▸ **ASSIGNMENT**:
Restate word for word the lines of the records below, starting at the line that contains "words. No code." and ending at the line that contains "filename crates/answers/src/lib.rt", with both of those lines included and nothing else.

▸ **RECORD EXCERPTS**:
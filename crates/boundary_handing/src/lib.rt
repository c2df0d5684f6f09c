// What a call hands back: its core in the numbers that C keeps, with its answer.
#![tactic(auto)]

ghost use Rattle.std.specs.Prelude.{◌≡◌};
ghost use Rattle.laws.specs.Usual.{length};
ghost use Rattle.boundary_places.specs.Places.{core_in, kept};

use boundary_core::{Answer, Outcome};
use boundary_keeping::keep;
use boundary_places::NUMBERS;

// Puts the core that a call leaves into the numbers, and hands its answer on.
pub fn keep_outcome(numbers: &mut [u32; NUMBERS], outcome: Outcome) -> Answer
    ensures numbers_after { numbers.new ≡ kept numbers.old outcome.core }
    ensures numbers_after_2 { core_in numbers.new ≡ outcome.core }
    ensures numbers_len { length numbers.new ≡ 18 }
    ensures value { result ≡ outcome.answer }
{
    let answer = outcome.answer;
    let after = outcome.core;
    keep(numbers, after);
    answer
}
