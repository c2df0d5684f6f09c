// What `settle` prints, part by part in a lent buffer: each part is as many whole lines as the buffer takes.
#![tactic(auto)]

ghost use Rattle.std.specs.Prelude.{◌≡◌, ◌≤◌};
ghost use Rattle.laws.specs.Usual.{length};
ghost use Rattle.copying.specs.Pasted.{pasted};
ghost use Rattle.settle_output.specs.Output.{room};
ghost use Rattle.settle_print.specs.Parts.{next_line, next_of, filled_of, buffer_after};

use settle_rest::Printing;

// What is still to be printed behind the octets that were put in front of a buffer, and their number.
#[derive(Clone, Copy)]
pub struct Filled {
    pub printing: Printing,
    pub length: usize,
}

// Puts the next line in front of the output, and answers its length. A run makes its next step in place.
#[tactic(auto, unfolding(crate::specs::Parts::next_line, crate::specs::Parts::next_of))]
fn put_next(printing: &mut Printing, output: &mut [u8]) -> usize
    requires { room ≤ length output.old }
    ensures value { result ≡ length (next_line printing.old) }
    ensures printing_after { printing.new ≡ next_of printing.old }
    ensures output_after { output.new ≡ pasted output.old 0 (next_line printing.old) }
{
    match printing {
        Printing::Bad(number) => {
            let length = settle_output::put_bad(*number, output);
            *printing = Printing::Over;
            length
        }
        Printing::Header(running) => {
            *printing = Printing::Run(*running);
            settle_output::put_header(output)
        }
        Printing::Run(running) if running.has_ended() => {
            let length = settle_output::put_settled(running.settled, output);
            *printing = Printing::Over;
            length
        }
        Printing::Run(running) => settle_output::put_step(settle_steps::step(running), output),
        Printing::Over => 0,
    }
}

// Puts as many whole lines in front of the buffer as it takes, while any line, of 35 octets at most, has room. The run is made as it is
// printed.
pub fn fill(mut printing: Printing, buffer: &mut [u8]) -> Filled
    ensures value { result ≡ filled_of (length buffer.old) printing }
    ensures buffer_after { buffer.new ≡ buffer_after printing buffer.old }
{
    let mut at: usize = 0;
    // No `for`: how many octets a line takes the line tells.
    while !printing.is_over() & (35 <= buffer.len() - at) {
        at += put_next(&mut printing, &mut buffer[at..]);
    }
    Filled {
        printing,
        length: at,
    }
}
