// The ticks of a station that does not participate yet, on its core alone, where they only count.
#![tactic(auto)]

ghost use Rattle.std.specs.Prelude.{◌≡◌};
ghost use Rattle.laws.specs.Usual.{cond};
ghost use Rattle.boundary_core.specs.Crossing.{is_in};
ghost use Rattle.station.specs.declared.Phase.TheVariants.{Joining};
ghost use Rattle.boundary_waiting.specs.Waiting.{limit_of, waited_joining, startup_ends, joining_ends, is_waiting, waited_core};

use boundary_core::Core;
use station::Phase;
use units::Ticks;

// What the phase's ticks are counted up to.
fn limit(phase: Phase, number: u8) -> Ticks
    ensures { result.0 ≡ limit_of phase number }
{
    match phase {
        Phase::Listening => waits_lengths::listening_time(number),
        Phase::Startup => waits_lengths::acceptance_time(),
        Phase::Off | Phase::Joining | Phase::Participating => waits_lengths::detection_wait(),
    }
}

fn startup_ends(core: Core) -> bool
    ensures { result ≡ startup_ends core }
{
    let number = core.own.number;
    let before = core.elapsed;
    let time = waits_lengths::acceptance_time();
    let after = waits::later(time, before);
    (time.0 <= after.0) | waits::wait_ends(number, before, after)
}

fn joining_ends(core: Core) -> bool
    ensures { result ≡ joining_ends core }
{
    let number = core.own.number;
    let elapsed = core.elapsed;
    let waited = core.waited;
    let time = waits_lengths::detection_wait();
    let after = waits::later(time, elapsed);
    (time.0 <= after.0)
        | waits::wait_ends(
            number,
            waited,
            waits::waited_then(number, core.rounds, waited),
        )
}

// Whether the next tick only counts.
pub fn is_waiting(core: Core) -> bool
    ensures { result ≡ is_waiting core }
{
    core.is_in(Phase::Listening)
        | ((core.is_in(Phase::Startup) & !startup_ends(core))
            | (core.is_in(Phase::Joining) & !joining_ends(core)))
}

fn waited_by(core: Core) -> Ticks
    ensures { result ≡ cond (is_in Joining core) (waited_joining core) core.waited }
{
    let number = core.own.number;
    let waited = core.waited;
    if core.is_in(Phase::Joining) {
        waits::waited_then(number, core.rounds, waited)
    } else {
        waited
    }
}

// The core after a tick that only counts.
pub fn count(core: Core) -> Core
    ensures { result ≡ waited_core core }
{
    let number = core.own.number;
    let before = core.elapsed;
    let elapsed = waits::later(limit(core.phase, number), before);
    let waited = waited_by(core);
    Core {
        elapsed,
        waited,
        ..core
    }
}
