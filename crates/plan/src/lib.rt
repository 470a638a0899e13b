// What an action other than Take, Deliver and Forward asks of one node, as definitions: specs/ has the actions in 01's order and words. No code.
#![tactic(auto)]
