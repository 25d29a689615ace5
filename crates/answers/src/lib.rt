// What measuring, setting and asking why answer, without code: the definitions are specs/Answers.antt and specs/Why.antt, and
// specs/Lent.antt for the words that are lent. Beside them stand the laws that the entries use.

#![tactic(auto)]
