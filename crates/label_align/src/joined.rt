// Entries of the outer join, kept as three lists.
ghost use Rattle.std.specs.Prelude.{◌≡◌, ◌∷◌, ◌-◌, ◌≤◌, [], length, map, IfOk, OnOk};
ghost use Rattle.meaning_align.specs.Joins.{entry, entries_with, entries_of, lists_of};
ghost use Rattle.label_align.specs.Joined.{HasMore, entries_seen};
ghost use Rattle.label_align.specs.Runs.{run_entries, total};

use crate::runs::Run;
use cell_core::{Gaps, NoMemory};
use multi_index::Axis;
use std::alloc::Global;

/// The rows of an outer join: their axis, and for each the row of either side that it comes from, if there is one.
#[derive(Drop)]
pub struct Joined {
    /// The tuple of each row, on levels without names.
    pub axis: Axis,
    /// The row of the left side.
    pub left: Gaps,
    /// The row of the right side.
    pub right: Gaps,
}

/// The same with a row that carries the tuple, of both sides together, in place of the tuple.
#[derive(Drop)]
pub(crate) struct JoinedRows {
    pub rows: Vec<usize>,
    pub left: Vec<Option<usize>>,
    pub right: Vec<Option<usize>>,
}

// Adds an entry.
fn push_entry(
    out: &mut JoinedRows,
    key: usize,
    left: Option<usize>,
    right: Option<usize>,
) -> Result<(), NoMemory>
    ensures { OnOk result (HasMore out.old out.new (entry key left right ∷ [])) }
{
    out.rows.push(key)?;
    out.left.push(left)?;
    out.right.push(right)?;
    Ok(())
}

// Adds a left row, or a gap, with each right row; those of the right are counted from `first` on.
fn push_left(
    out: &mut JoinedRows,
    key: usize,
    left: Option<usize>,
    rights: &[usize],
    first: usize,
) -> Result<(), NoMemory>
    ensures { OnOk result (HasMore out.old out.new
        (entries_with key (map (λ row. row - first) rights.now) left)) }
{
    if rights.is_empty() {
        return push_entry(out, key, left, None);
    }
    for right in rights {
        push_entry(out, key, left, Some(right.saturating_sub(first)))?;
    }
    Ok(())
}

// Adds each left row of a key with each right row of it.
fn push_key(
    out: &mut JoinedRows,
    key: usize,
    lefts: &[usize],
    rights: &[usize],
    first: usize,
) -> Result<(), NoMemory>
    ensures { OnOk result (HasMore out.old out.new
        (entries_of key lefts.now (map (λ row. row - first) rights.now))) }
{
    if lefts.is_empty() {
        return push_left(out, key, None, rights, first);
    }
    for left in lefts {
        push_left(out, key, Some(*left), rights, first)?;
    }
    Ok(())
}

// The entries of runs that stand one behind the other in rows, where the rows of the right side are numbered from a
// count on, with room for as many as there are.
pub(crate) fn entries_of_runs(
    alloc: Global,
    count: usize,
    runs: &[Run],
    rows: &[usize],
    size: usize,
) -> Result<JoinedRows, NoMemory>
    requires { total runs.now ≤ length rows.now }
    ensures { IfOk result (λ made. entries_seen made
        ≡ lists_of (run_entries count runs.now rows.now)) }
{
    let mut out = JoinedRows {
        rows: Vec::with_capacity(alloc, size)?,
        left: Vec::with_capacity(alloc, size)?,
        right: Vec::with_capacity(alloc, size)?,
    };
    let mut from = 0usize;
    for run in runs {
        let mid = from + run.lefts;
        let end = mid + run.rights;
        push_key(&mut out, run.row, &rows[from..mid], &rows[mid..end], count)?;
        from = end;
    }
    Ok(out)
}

▸ **RESPONSE AREA**:
// What an action other than Take, Deliver and Forward asks of one node, as definitions: specs/ has the actions in 01's order and words. No code.
#![tactic(auto)]
repository 25d29a689615ace5
filename crates/answers/src/lib.rt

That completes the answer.